Australia's housing market particularly in Sydney and Melbourne remains highly unaffordable, and BMI Research analysts' core view is for house prices to fall due to tightening macro-prudential measures, weak wage growth, and an increase in housing supply.
Residential mortgages account for slightly more than 60% of the loan portfolio of Australian banks, and a softening housing market is therefore likely to weigh on profitability as credit growth slows.
Here's more from BMI Research:
We expect existing macro-prudential policies that were put in place by the Australian Prudential Regulatory Authority (APRA) to weigh on the property market.
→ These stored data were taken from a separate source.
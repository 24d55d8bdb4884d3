//! Dates from components, the components of dates, and dates with one component replaced.
ghost use Rattle.std.specs.Prelude.{◌≡◌, ℕ, ◌<◌, ◌≤◌};
ghost use Rattle.cal_date.specs.ClosedForms.{HasKernel};
ghost use Rattle.cal_date.specs.Date.{IsDate, IsYear};
ghost use Rattle.cal_date.specs.DateLimits.{months_in_range};

use crate::tests::one_answer::Twice;
use cal_date::JulianKernel;
use cal_time::error::ComponentRange;
use cal_time::{Date, Month, Weekday};

fn from_ordinal_date(year: i32, ordinal: u16) -> Twice<Result<Date, ComponentRange>>
    ensures { result.0 ≡ result.1 }
{
    twice!(Date::from_ordinal_date(year, ordinal))
}

fn from_calendar_date(year: i32, month: Month, day: u8) -> Twice<Result<Date, ComponentRange>>
    ensures { result.0 ≡ result.1 }
{
    twice!(Date::from_calendar_date(year, month, day))
}

fn from_month_index_clamped(year: i32, index: u8, day: u8) -> Twice<Date>
    requires year { IsYear year }
    requires index { index < 12 }
    requires day { 1 ≤ day }
    ensures { result.0 ≡ result.1 }
{
    twice!(Date::from_month_index_clamped(year, index, day))
}

fn from_month_number_clamped(number: u32, day: u32) -> Twice<Date>
    requires number { number < months_in_range }
    requires day { 1 ≤ day }
    ensures { result.0 ≡ result.1 }
{
    twice!(Date::from_month_number_clamped(number, day))
}

fn from_iso_week_date(year: i32, week: u8, weekday: Weekday) -> Twice<Result<Date, ComponentRange>>
    ensures { result.0 ≡ result.1 }
{
    twice!(Date::from_iso_week_date(year, week, weekday))
}

fn from_julian_day(julian_day: i32) -> Twice<Result<Date, ComponentRange>>
    ensures { result.0 ≡ result.1 }
{
    twice!(Date::from_julian_day(julian_day))
}

fn month(date: Date) -> Twice<Month>
    ensures { result.0 ≡ result.1 }
{
    twice!(date.month())
}

fn month_index_and_day(date: Date) -> Twice<(u8, u8)>
    ensures { result.0 ≡ result.1 }
{
    twice!(date.month_index_and_day())
}

fn month_number_and_day(date: Date) -> Twice<(u32, u32)>
    ensures { result.0 ≡ result.1 }
{
    twice!(date.month_number_and_day())
}

fn weekday(date: Date) -> Twice<Weekday>
    ensures { result.0 ≡ result.1 }
{
    twice!(date.weekday())
}

fn to_ordinal_date(date: Date) -> Twice<(i32, u16)>
    ensures { result.0 ≡ result.1 }
{
    twice!(date.to_ordinal_date())
}

fn to_calendar_date(date: Date) -> Twice<(i32, Month, u8)>
    ensures { result.0 ≡ result.1 }
{
    twice!(date.to_calendar_date())
}

fn to_iso_week_date(date: Date) -> Twice<(i32, u8, Weekday)>
    ensures { result.0 ≡ result.1 }
{
    twice!(date.to_iso_week_date())
}

fn replace_year(date: Date, year: i32) -> Twice<Result<Date, ComponentRange>>
    ensures { result.0 ≡ result.1 }
{
    twice!(date.replace_year(year))
}

fn replace_month(date: Date, month: Month) -> Twice<Result<Date, ComponentRange>>
    ensures { result.0 ≡ result.1 }
{
    twice!(date.replace_month(month))
}

fn replace_day(date: Date, day: u8) -> Twice<Result<Date, ComponentRange>>
    ensures { result.0 ≡ result.1 }
{
    twice!(date.replace_day(day))
}

fn replace_ordinal(date: Date, ordinal: u16) -> Twice<Result<Date, ComponentRange>>
    ensures { result.0 ≡ result.1 }
{
    twice!(date.replace_ordinal(ordinal))
}

fn date_of_kernel(kernel: JulianKernel) -> Twice<Date>
    requires { (n : ℕ) × IsDate n × HasKernel kernel n }
    ensures { result.0 ≡ result.1 }
{
    twice!(cal_date::date_of_kernel(kernel))
}
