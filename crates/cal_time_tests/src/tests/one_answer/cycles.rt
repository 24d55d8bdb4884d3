//! Steps, iterators and tests along a cycle.
ghost use Rattle.std.specs.Prelude.{◌≡◌, Bool};

use crate::tests::one_answer::Twice;
use cal_time::iter::{CycleIter, Rev};
use cal_time::{Cycle, Month};

fn nth_in<C: Cycle>(start: C, n: usize) -> Twice<C>
    ensures { result.0 ≡ result.1 }
{
    twice!(cal_time::nth_in(start, n))
}

fn next<C: Cycle>(start: C) -> Twice<(Option<C>, CycleIter<C>)>
    ensures { result.0 ≡ result.1 }
{
    twice!({
        let mut walk = CycleIter::new(start);
        (walk.next(), walk)
    })
}

fn nth<C: Cycle>(start: C, n: usize) -> Twice<(Option<C>, CycleIter<C>)>
    ensures { result.0 ≡ result.1 }
{
    twice!({
        let mut walk = CycleIter::new(start);
        (walk.nth(n), walk)
    })
}

fn back_next<C: Cycle>(start: C) -> Twice<(Option<C>, Rev<CycleIter<C>>)>
    ensures { result.0 ≡ result.1 }
{
    twice!({
        let mut walk = CycleIter::new(start).rev();
        (walk.next(), walk)
    })
}

fn back_nth<C: Cycle>(start: C, n: usize) -> Twice<(Option<C>, Rev<CycleIter<C>>)>
    ensures { result.0 ≡ result.1 }
{
    twice!({
        let mut walk = CycleIter::new(start).rev();
        (walk.nth(n), walk)
    })
}

fn all_once<C: Cycle, F: FnMut(C) -> bool + Copy>(start: C, f: F) -> Twice<bool>
    requires callable { F.IsAlwaysCallable f }
    requires steps { (x : C) (a b c : F) (p q : Bool) → F.step a x p b → F.step a x q c
        → (p ≡ q) × (b ≡ c) }
    ensures { result.0 ≡ result.1 }
{
    twice!(CycleIter::new(start).all_once(f))
}

fn back_all_once<C: Cycle, F: FnMut(C) -> bool + Copy>(start: C, f: F) -> Twice<bool>
    requires callable { F.IsAlwaysCallable f }
    requires steps { (x : C) (a b c : F) (p q : Bool) → F.step a x p b → F.step a x q c
        → (p ≡ q) × (b ≡ c) }
    ensures { result.0 ≡ result.1 }
{
    twice!(CycleIter::new(start).rev().all_once(f))
}

fn any_once<C: Cycle, F: FnMut(C) -> bool + Copy>(start: C, f: F) -> Twice<bool>
    requires callable { F.IsAlwaysCallable f }
    requires steps { (x : C) (a b c : F) (p q : Bool) → F.step a x p b → F.step a x q c
        → (p ≡ q) × (b ≡ c) }
    ensures { result.0 ≡ result.1 }
{
    twice!(CycleIter::new(start).any_once(f))
}

fn back_any_once<C: Cycle, F: FnMut(C) -> bool + Copy>(start: C, f: F) -> Twice<bool>
    requires callable { F.IsAlwaysCallable f }
    requires steps { (x : C) (a b c : F) (p q : Bool) → F.step a x p b → F.step a x q c
        → (p ≡ q) × (b ≡ c) }
    ensures { result.0 ≡ result.1 }
{
    twice!(CycleIter::new(start).rev().any_once(f))
}

/// A closure that changes nothing meets the condition.
fn all_once_of_indices_below(start: Month, end: u8) -> Twice<bool>
    ensures { result.0 ≡ result.1 }
{
    all_once(start, move |month: Month| month.place() < end)
}
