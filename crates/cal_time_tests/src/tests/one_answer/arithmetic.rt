//! Dates moved, with and without a time.
ghost use Rattle.std.specs.Prelude.{◌≡◌, pos, ◌+ℤ◌, ◌-ℤ◌, IsSome};
ghost use Rattle.cal_units.specs.Weekday.{index};
ghost use Rattle.cal_span.specs.SignedDuration.{whole_days};
ghost use Rattle.cal_date.specs.Arithmetic.{IsDateNumber};
ghost use Rattle.cal_date.specs.Occurrences.{next_occurrences, prev_occurrences, kth};

use crate::tests::one_answer::Twice;
use cal_time::{Date, SignedDuration, Time, Weekday};

fn next_day(date: Date) -> Twice<Option<Date>>
    ensures { result.0 ≡ result.1 }
{
    twice!(date.next_day())
}

fn previous_day(date: Date) -> Twice<Option<Date>>
    ensures { result.0 ≡ result.1 }
{
    twice!(date.previous_day())
}

fn checked_add(date: Date, duration: SignedDuration) -> Twice<Option<Date>>
    ensures { result.0 ≡ result.1 }
{
    twice!(date.checked_add(duration))
}

fn checked_sub(date: Date, duration: SignedDuration) -> Twice<Option<Date>>
    ensures { result.0 ≡ result.1 }
{
    twice!(date.checked_sub(duration))
}

fn sum(date: Date, duration: SignedDuration) -> Twice<Date>
    requires { IsDateNumber (pos date +ℤ whole_days duration) }
    ensures { result.0 ≡ result.1 }
{
    twice!(date + duration)
}

fn difference(date: Date, duration: SignedDuration) -> Twice<Date>
    requires { IsDateNumber (pos date -ℤ whole_days duration) }
    ensures { result.0 ≡ result.1 }
{
    twice!(date - duration)
}

fn add_assign(date: Date, duration: SignedDuration) -> Twice<Date>
    requires { IsDateNumber (pos date +ℤ whole_days duration) }
    ensures { result.0 ≡ result.1 }
{
    twice!({
        let mut moved = date;
        moved += duration;
        moved
    })
}

fn sub_assign(date: Date, duration: SignedDuration) -> Twice<Date>
    requires { IsDateNumber (pos date -ℤ whole_days duration) }
    ensures { result.0 ≡ result.1 }
{
    twice!({
        let mut moved = date;
        moved -= duration;
        moved
    })
}

fn next_occurrence(date: Date, weekday: Weekday) -> Twice<Date>
    requires { IsSome (kth 1 (next_occurrences (index weekday) date)) }
    ensures { result.0 ≡ result.1 }
{
    twice!(date.next_occurrence(weekday))
}

fn prev_occurrence(date: Date, weekday: Weekday) -> Twice<Date>
    requires { IsSome (kth 1 (prev_occurrences (index weekday) date)) }
    ensures { result.0 ≡ result.1 }
{
    twice!(date.prev_occurrence(weekday))
}

fn nth_next_occurrence(date: Date, weekday: Weekday, n: u8) -> Twice<Date>
    requires { IsSome (kth n (next_occurrences (index weekday) date)) }
    ensures { result.0 ≡ result.1 }
{
    twice!(date.nth_next_occurrence(weekday, n))
}

fn nth_prev_occurrence(date: Date, weekday: Weekday, n: u8) -> Twice<Date>
    requires { IsSome (kth n (prev_occurrences (index weekday) date)) }
    ensures { result.0 ≡ result.1 }
{
    twice!(date.nth_prev_occurrence(weekday, n))
}

fn add_to_pair(date: Date, time: Time, duration: SignedDuration) -> Twice<Option<(Date, Time)>>
    ensures { result.0 ≡ result.1 }
{
    twice!(cal_time::add_to_pair(date, time, duration))
}

fn sub_from_pair(date: Date, time: Time, duration: SignedDuration) -> Twice<Option<(Date, Time)>>
    ensures { result.0 ≡ result.1 }
{
    twice!(cal_time::sub_from_pair(date, time, duration))
}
Some of the measures include taking supervisory actions against banks that grow their property-lending investment portfolio by more than 10.0% per annum (2014), requiring banks to implement tougher rules to assess the mortgage servicing ability of borrowers (2015), and the restriction of the flow of new interest-only residential mortgage lending (March 2017).
Indeed, growth in housing loans has been slowing since the peak of 8.1% y-o-y in September 2015, coming in at 6.7% y-o-y in May, according to data from the Australian Bureau of Statistics, and this trend is likely to continue.
The boom in the country's housing market over the past couple of years has resulted in record high level of household debt due to strong mortgage lending growth, and in our view, it is a major risk for the Australian economy and the financial system.
According to data from the Reserve of Australia (RBA), household debt to annualised household disposable income reached 190.4% in March 2017 (with housing debt accounting for 70% of it), which represents a considerable increase of 23.5 percentage points (pp) from the levels in March 2007.